- Task inputs -
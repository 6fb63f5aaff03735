//! Faults of settings in other profiles than the one that gives the setting.

ghost use Rattle.std.specs.Prelude.{◌≡◌, IfOk, option_map};
ghost use Rattle.nextest_config_profiles.specs.Profile.{AreLookedUp, IsLookedUp, layers_in, names_of};
ghost use Rattle.nextest_config_profiles.specs.Report.OtherProfiles.{giver_of, IsFaultIf, IsFaultOf, IsOtherProfileFault, IsGivenFault, names_judged};
ghost use Rattle.nextest_config_profiles.specs.Report.Setting.{rule_of};
ghost use Rattle.nextest_config_profiles.specs.Report.Somes.{AreSomes};

use crate::EffectiveProfile;
use crate::profile_alone::ProfileAlone;
use crate::reach::some_have;
use crate::report::faulty::{message, places};
use crate::report::given::{Given, given_for};
use crate::report::keys::copy_of;
use crate::report::parts::OtherProfileFault;
use crate::report::setting::KnownSetting;
use crate::report::somes::push_some;
use crate::report::written::is_documented;
use nextest_config_values::read::ValueFault;
use std::alloc::{AllocError, Global};
use std::slice;

/// The profile by which this is given, if anything is.
pub(crate) fn giver_of<'p>(given: &Given<'p>) -> Option<&'p str>
    ensures { option_map (λ name. name.now) result ≡ giver_of given.now }
{
    match given {
        Given::Value { profile } | Given::NotJudged { profile } => Some(*profile),
        Given::Fault { profile, .. } => Some(*profile),
        Given::Nothing => None,
    }
}

/// What is wrong with a setting of these profiles, but of the one that gives it.
pub(crate) fn faults_of<'p>(
    alloc: Global,
    effective: &'p EffectiveProfile<'p>,
    setting: KnownSetting<'_>,
    giver: Option<&str>,
    profiles: &[ProfileAlone<'p>],
) -> Result<Vec<OtherProfileFault<'p>>, AllocError>
    requires { AreLookedUp (layers_in effective.now) profiles.now }
    ensures { IfOk result (λ faults.
        AreSomes (IsFaultOf effective.now (rule_of setting.entry)
        (option_map (λ name. name.now) giver.entry))
        (names_judged (rule_of setting.entry).rule.severity (names_of profiles.now)) faults.items) }
{
    let mut faults = Vec::new(alloc);
    if is_documented(setting.field.severity) {
        // No reader reads it, so none refuses it.
        return Ok(faults);
    }
    for profile in profiles {
        let fault = fault_of(alloc, effective, setting, giver, profile)?;
        push_some(&mut faults, fault)?;
    }
    Ok(faults)
}

// What is wrong with a setting of a profile, unless it is the one that gives the setting.
fn fault_of<'p>(
    alloc: Global,
    effective: &'p EffectiveProfile<'p>,
    setting: KnownSetting<'_>,
    giver: Option<&str>,
    profile: &ProfileAlone<'p>,
) -> Result<Option<OtherProfileFault<'p>>, AllocError>
    requires { IsLookedUp (layers_in effective.now) profile.now }
    ensures { IfOk result (IsFaultOf effective.now (rule_of setting.entry)
        (option_map (λ name. name.now) giver.entry) profile.now.name.now) }
{
    if giver == Some(profile.name) {
        return Ok(None);
    }
    let fault = fault_if(alloc, effective, setting, profile)?;
    Ok(fault)
}

// What is wrong with what a profile alone has for a setting.
fn fault_if<'p>(
    alloc: Global,
    effective: &'p EffectiveProfile<'p>,
    setting: KnownSetting<'_>,
    profile: &ProfileAlone<'p>,
) -> Result<Option<OtherProfileFault<'p>>, AllocError>
    requires { IsLookedUp (layers_in effective.now) profile.now }
    ensures { IfOk result
        (IsFaultIf effective.now (rule_of setting.entry) profile.now.name.now) }
{
    if !some_have(profile.layers.as_slice(), setting.keys) {
        return Ok(None);
    }
    let given = given_for(alloc, effective, slice::from_ref(profile), setting)?;
    let fault = fault_of_given(alloc, effective, setting, profile.name, given)?;
    Ok(fault)
}

// What is told where a profile alone has this for a setting.
fn fault_of_given<'p>(
    alloc: Global,
    effective: &'p EffectiveProfile<'p>,
    setting: KnownSetting<'_>,
    profile: &'p str,
    given: Given<'p>,
) -> Result<Option<OtherProfileFault<'p>>, AllocError>
    ensures { IfOk result
        (IsGivenFault effective.now (rule_of setting.entry) profile.now given.entry) }
{
    match given {
        Given::Fault { fault, .. } => {
            let fault = other_profile_fault(alloc, effective, setting, profile, fault)?;
            Ok(Some(fault))
        }
        Given::Value { .. } | Given::NotJudged { .. } | Given::Nothing => Ok(None),
    }
}

// How a fault is told.
fn other_profile_fault<'p>(
    alloc: Global,
    effective: &'p EffectiveProfile<'p>,
    setting: KnownSetting<'_>,
    profile: &'p str,
    fault: ValueFault,
) -> Result<OtherProfileFault<'p>, AllocError>
    ensures { IfOk result
        (IsOtherProfileFault effective.now (rule_of setting.entry) profile.now fault) }
{
    Ok(OtherProfileFault {
        profile,
        keys: copy_of(alloc, setting.keys)?,
        sources: places(alloc, effective, profile, setting)?,
        message: message(alloc, fault)?,
    })
}
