//! Of what is reported of a profile that of wanted keys alone.

ghost use Rattle.std.specs.Prelude.{◌≡◌, ◌&&◌, ◌∷◌, [], map, option_map, string_bytes};
ghost use Rattle.std.specs.List.{list_any};
ghost use Rattle.toml.specs.View.{view};
ghost use Rattle.nextest_config_profiles.specs.Reach.{words_of};
ghost use Rattle.nextest_config_profiles.specs.Report.Narrowed.{are_related, has_rows, has_value, is_named, is_named_by, is_override_wanted, is_related, others_wanted, overrides_wanted, rows_wanted, sets_at, sets_key, sets_keys, sets_wanted, settings_wanted, value_below};
ghost use Rattle.nextest_config_profiles.specs.Report.ProfileReport.{settings_in};
ghost use Rattle.nextest_config_profiles.specs.Report.Setting.{is_setting, member_of, parts_in, settings_at, table_fields};
ghost use Rattle.nextest_config_profiles.specs.Report.Wanted.{path_of};

use crate::report::overrides::at_key;
use crate::report::parts::{OtherKey, Override, OverrideSetting, Row};
use crate::report::profile_report::ProfileReport;
use crate::report::setting::{is_setting, table_fields};
use crate::report::wanted::WantedKey;
use nextest_config_elements::field::Field;
use nextest_config_elements::keys::profile_fields;
use toml::Value;

impl ProfileReport<'_> {
    /// Keeps of the settings and of the other keys what is wanted, lies below a wanted key, or has
    /// one in it, as a text in the place of a table has; and those overrides that set something of
    /// it: which have a value at the keys of a setting that is a wanted key, or lies above or below
    /// one, or to which a wanted path leads by `overrides`. The profiles of the chain stay, and so
    /// does what is wrong in other profiles.
    pub fn keep_only(&mut self, wanted: &[WantedKey])
        ensures settings { settings_in self.new
            ≡ settings_wanted (map path_of wanted.now) (settings_in self.old) }
        ensures others { self.new.others.items
            ≡ others_wanted (map path_of wanted.now) self.old.others.items }
        ensures overrides { self.new.overrides.items
            ≡ overrides_wanted (map path_of wanted.now) self.old.overrides.items }
        ensures chain { self.new.chain ≡ self.old.chain }
        ensures other_profiles { self.new.other_profiles ≡ self.old.other_profiles }
    {
        keep_settings(&mut self.settings, wanted);
        keep_others(&mut self.others, wanted);
        keep_overrides(&mut self.overrides, wanted);
    }
}

// Keeps the rows that are wanted, of the settings that have one.
fn keep_settings(settings: &mut Vec<Vec<Row<'_>>>, wanted: &[WantedKey])
    ensures { map (λ rows. rows.items) settings.new.items
        ≡ settings_wanted (map path_of wanted.now) (map (λ rows. rows.items) settings.old.items) }
{
    settings.retain_mut(|rows| keep_rows(rows, wanted));
}

// Keeps the rows of a setting that are wanted, and tells whether there are any.
fn keep_rows(rows: &mut Vec<Row<'_>>, wanted: &[WantedKey]) -> bool
    ensures left { rows.new.items ≡ rows_wanted (map path_of wanted.now) rows.old.items }
    ensures some { result ≡ has_rows rows.new.items }
{
    rows.retain(|row| is_related(row.keys.as_slice(), wanted));
    !rows.is_empty()
}

fn keep_others(others: &mut Vec<OtherKey<'_>>, wanted: &[WantedKey])
    ensures { others.new.items ≡ others_wanted (map path_of wanted.now) others.old.items }
{
    others.retain(|other| is_related(&[other.key], wanted));
}

fn keep_overrides(overrides: &mut Vec<Override<'_>>, wanted: &[WantedKey])
    ensures { overrides.new.items ≡ overrides_wanted (map path_of wanted.now) overrides.old.items }
{
    overrides.retain(|shown| is_override_wanted(shown, wanted));
}

// Whether an override sets something of a setting that is wanted, or a wanted path names it.
fn is_override_wanted(shown: &Override<'_>, wanted: &[WantedKey]) -> bool
    ensures { result ≡ is_override_wanted (map path_of wanted.now) shown.now }
{
    is_named(shown, wanted) || sets_wanted(shown, wanted)
}

// Whether a wanted path names an override.
fn is_named(shown: &Override<'_>, wanted: &[WantedKey]) -> bool
    ensures { result ≡ is_named (map path_of wanted.now) shown.now }
{
    wanted.iter().any(|key| is_named_by(shown, key.keys()))
}

// Whether an override has a value at the keys of a setting that is a wanted key, or lies above or
// below one.
fn sets_wanted(shown: &Override<'_>, wanted: &[WantedKey]) -> bool
    ensures { result ≡ sets_wanted (map path_of wanted.now) shown.now }
{
    let fields = profile_fields();
    fields.iter().any(|field| sets_itself(shown, wanted, field))
        || fields
            .iter()
            .any(|field| sets_in_table(shown, wanted, field))
}

// Whether a key of a profile is a setting that is wanted, and an override has a value there.
fn sets_itself(shown: &Override<'_>, wanted: &[WantedKey], field: &'static Field) -> bool
    ensures { result ≡ (is_setting [] (member_of field.now).absent
        && sets_keys (map path_of wanted.now) shown.now ((member_of field.now).key ∷ [])) }
{
    is_setting(&[], field.absent) && sets_keys(shown, wanted, &[field.key])
}

// Whether some setting in the table at a key of a profile is wanted, and an override has a value
// there.
fn sets_in_table(shown: &Override<'_>, wanted: &[WantedKey], table: &'static Field) -> bool
    ensures { result ≡ list_any
        (λ setting. sets_keys (map path_of wanted.now) shown.now setting.keys)
        (settings_at ((member_of table.now).key ∷ [])
        (table_fields (member_of table.now).shape (parts_in table.now))) }
{
    table_fields(table)
        .iter()
        .any(|field| sets_below(shown, wanted, table.key, field))
}

// Whether a key of the table at a key of a profile is such a setting.
fn sets_below(
    shown: &Override<'_>,
    wanted: &[WantedKey],
    table: &'static str,
    field: &'static Field,
) -> bool
    ensures { result ≡ (is_setting (table.now ∷ []) (member_of field.now).absent
        && sets_keys (map path_of wanted.now) shown.now
        (table.now ∷ (member_of field.now).key ∷ [])) }
{
    is_setting(&[table], field.absent) && sets_keys(shown, wanted, &[table, field.key])
}

// Whether keys are a wanted path, or lie above or below one, and an override has a value there.
fn sets_keys(shown: &Override<'_>, wanted: &[WantedKey], keys: &[&str]) -> bool
    ensures { result ≡ sets_keys (map path_of wanted.now) shown.now (words_of keys.now) }
{
    is_related(keys, wanted) && has_value(shown, keys)
}

// Whether a path is `overrides`, or leads on from there to a key that the override sets.
fn is_named_by(shown: &Override<'_>, keys: &[String]) -> bool
    ensures { result ≡ is_named_by shown.now (map string_bytes keys.now) }
{
    match keys {
        [] => false,
        [first] => first.as_str() == "overrides",
        [first, key, ..] => first.as_str() == "overrides" && sets_key(shown, key.as_str()),
    }
}

fn sets_key(shown: &Override<'_>, key: &str) -> bool
    ensures { result ≡ sets_key shown.now key.now }
{
    shown.settings.iter().any(|set| set.key == key)
}

// Whether keys are a wanted path, or lie above or below one.
fn is_related(keys: &[&str], wanted: &[WantedKey]) -> bool
    ensures { result ≡ is_related (map path_of wanted.now) (words_of keys.now) }
{
    wanted.iter().any(|key| are_related(keys, key.keys()))
}

// Whether one of two paths begins with the other.
fn are_related(keys: &[&str], other: &[String]) -> bool
    ensures { result ≡ are_related (words_of keys.now) (map string_bytes other.now) }
{
    let [key, keys @ ..] = keys else {
        return true;
    };
    match other {
        [] => true,
        [first, other @ ..] => *key == first.as_str() && are_related(keys, other),
    }
}

// Whether an override has a value at keys.
fn has_value(shown: &Override<'_>, keys: &[&str]) -> bool
    ensures { result ≡ has_value (words_of keys.now) shown.now }
{
    match keys {
        [] => false,
        [key, keys @ ..] => some_sets(shown.settings.as_slice(), key, keys),
    }
}

fn some_sets(settings: &[OverrideSetting], key: &str, keys: &[&str]) -> bool
    ensures { result ≡ list_any (sets_at key.now (words_of keys.now)) settings.now }
{
    settings.iter().any(|set| sets_at(set, key, keys))
}

// Whether a key that is set is this one, and its value has one at the other keys.
fn sets_at(set: &OverrideSetting, key: &str, keys: &[&str]) -> bool
    ensures { result ≡ sets_at key.now (words_of keys.now) set.now }
{
    set.key == key && value_below(&set.literal.value, keys).is_some()
}

// What keys lead to in a value.
fn value_below<'v>(value: &'v Value, keys: &[&str]) -> Option<&'v Value>
    ensures { option_map (λ value. view value.now) result
        ≡ value_below (words_of keys.now) (view value.now) }
{
    match keys {
        [] => Some(value),
        [key, keys @ ..] => value_below(at_key(value, key)?, keys),
    }
}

- Problem requirements -
Up to and including the line with "use nextest_config_values::read::ValueFault;", transcribe the entries above exactly, starting from their first line.

- Solution to this exercise -
repository 6fb63f5aaff03735
//! Faults of settings in other profiles than the one that gives the setting.

ghost use Rattle.std.specs.Prelude.{◌≡◌, IfOk, option_map};
ghost use Rattle.nextest_config_profiles.specs.Profile.{AreLookedUp, IsLookedUp, layers_in, names_of};
ghost use Rattle.nextest_config_profiles.specs.Report.OtherProfiles.{giver_of, IsFaultIf, IsFaultOf, IsOtherProfileFault, IsGivenFault, names_judged};
ghost use Rattle.nextest_config_profiles.specs.Report.Setting.{rule_of};
ghost use Rattle.nextest_config_profiles.specs.Report.Somes.{AreSomes};

use crate::EffectiveProfile;
use crate::profile_alone::ProfileAlone;
use crate::reach::some_have;
use crate::report::faulty::{message, places};
use crate::report::given::{Given, given_for};
use crate::report::keys::copy_of;
use crate::report::parts::OtherProfileFault;
use crate::report::setting::KnownSetting;
use crate::report::somes::push_some;
use crate::report::written::is_documented;
use nextest_config_values::read::ValueFault;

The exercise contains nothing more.